**DATASET:**

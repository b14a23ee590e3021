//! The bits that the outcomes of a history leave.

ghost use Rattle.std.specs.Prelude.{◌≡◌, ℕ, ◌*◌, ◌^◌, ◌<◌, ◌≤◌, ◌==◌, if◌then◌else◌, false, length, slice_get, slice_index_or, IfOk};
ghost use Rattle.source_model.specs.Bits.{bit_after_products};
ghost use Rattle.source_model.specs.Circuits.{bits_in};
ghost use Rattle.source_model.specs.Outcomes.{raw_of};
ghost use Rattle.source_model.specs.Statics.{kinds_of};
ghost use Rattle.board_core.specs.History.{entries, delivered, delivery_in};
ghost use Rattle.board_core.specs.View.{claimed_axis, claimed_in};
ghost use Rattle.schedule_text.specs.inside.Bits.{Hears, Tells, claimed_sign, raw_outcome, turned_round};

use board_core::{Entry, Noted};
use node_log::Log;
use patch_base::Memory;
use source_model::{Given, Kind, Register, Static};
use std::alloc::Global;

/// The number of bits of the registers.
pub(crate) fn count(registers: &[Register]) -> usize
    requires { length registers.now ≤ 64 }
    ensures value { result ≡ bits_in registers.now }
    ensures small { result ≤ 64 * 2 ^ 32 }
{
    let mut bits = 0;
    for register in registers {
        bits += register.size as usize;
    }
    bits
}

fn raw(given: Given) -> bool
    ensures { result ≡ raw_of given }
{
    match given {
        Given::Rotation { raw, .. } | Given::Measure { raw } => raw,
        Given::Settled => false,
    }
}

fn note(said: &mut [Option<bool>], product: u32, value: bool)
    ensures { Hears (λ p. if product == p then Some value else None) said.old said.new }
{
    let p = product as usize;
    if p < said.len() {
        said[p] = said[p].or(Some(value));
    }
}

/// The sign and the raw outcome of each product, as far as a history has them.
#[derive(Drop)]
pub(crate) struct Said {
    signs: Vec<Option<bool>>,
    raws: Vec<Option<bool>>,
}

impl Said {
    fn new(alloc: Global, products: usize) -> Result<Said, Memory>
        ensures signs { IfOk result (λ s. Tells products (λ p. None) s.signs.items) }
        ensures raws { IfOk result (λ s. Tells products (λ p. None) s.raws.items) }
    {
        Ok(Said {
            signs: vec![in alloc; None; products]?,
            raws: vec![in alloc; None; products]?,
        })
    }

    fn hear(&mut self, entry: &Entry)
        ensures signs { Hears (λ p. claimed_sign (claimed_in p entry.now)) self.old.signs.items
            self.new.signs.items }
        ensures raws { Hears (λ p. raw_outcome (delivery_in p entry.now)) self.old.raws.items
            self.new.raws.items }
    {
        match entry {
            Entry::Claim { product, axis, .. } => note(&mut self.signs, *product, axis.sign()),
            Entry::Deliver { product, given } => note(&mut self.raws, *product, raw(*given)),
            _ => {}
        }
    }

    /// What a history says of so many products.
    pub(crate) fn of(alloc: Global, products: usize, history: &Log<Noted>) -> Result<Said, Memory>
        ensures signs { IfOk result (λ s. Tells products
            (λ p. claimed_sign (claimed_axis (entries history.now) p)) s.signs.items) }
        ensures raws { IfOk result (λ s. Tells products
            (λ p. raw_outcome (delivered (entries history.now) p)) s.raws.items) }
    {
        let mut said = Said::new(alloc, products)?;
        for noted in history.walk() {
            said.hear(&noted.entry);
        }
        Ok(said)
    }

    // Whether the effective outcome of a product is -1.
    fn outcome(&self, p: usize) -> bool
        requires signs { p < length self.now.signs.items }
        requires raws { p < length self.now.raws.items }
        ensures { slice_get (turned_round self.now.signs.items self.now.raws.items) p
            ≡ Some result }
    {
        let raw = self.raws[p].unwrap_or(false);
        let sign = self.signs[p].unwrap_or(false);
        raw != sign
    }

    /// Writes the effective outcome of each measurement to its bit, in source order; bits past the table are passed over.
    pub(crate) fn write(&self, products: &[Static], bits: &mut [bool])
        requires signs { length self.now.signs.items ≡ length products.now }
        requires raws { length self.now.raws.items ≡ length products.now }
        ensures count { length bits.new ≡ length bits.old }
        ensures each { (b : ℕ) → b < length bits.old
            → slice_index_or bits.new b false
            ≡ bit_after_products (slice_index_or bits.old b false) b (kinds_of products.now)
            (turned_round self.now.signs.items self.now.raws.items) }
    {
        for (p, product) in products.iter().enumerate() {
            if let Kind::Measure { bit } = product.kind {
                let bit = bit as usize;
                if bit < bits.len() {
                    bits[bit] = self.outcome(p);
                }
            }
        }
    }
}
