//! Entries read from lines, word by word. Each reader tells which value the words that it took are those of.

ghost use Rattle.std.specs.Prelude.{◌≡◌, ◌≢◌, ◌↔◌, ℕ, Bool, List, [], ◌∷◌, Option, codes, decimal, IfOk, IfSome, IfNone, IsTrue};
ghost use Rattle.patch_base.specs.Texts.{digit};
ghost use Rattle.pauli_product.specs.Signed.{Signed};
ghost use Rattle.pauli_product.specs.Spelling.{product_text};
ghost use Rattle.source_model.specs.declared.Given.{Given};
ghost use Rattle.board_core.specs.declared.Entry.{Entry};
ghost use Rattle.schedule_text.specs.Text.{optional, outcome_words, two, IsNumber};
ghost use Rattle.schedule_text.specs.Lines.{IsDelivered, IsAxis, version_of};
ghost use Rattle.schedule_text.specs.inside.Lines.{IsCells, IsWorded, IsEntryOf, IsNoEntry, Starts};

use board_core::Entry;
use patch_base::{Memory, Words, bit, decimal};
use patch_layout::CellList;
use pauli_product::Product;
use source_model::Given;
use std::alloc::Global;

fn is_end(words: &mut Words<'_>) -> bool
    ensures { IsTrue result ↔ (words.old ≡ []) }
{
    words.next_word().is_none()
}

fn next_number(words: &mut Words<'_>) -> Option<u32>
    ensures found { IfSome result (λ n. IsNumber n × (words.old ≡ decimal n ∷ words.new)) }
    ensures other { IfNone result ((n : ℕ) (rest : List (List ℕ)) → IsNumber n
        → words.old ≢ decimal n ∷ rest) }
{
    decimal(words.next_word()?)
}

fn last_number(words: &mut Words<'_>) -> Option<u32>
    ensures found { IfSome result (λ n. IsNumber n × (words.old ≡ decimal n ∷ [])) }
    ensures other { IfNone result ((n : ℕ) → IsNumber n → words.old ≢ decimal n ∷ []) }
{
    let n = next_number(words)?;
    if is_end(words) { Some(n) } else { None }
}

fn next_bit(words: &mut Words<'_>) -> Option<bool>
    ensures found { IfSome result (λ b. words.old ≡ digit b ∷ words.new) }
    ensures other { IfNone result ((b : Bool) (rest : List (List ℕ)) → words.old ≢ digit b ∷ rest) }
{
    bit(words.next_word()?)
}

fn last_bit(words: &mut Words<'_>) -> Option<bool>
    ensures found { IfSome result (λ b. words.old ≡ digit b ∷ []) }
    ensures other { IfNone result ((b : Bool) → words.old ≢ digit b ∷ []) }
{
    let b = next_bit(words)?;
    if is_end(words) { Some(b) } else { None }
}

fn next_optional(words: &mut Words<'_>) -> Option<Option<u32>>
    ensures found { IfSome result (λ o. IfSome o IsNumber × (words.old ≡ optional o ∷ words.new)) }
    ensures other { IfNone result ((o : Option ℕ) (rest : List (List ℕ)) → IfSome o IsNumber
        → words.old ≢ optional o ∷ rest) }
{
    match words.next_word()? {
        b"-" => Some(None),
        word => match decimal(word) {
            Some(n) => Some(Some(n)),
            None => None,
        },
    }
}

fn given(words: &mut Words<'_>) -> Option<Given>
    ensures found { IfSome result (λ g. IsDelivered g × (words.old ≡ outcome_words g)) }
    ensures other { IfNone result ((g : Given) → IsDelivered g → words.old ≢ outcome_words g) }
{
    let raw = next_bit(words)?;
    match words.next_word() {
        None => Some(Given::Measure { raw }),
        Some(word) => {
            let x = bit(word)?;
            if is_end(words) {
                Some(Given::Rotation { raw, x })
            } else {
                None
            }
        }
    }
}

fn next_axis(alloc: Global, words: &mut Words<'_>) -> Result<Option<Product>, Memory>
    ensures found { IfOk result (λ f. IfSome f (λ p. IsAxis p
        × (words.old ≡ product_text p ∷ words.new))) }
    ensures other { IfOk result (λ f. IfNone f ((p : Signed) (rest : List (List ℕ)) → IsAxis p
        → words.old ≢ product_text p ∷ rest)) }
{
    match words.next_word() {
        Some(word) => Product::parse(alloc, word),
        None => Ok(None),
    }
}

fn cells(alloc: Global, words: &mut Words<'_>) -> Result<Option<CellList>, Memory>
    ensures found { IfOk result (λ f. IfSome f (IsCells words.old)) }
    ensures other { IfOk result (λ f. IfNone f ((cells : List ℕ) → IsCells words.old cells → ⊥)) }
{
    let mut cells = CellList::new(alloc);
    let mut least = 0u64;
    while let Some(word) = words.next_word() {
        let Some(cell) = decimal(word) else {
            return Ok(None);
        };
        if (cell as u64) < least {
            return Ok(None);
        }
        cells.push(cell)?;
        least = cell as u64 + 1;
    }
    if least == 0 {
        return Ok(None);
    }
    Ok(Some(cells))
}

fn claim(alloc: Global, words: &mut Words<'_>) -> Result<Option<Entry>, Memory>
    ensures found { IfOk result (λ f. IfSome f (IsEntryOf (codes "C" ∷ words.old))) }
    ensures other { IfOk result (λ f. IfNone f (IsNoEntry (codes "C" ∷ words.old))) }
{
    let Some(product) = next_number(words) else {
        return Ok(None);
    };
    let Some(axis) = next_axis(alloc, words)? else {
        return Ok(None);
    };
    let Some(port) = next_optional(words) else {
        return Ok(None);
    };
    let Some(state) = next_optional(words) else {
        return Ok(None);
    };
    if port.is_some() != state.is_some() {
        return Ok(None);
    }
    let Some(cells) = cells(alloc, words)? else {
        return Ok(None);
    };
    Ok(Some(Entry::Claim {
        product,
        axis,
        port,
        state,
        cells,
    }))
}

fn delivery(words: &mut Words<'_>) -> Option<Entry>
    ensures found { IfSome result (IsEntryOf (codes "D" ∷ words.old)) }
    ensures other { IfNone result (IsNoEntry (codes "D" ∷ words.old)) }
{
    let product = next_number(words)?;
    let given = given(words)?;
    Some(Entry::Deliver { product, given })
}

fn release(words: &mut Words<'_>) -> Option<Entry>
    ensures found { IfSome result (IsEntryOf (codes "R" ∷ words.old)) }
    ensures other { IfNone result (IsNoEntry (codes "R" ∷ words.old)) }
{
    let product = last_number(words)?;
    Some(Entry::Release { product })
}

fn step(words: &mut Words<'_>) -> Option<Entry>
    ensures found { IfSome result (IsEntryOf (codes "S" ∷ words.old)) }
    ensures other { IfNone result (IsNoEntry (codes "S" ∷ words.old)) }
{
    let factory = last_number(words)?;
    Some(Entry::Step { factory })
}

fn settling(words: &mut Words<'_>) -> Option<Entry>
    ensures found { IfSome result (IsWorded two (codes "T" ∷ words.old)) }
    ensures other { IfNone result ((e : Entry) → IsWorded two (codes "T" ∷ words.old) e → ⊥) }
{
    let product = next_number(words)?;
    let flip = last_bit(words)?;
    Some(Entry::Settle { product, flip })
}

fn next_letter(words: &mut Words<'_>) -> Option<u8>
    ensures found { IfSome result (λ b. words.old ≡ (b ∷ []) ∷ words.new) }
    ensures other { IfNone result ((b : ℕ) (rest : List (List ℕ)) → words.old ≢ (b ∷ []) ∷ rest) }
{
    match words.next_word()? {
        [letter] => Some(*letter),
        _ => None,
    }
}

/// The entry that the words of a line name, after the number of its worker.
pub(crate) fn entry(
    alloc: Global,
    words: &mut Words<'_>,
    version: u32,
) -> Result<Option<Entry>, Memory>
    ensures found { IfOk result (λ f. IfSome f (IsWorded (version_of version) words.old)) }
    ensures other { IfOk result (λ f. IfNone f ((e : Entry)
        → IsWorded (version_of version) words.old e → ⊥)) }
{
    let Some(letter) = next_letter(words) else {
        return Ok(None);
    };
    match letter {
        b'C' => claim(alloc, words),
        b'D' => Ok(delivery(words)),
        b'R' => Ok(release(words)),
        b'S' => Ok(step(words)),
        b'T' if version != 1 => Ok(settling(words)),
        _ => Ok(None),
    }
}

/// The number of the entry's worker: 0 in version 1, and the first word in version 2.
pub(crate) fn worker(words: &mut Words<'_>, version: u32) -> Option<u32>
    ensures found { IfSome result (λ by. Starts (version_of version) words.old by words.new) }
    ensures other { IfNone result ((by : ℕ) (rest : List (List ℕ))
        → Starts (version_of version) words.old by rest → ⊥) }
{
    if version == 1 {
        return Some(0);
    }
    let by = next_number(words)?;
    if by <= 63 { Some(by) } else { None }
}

**WORK INSTRUCTIONS:**
Your task is to copy each line of the entries that includes the word "factory".

**ANSWER TO THIS TASK:**
    let factory = last_number(words)?;
    Some(Entry::Step { factory })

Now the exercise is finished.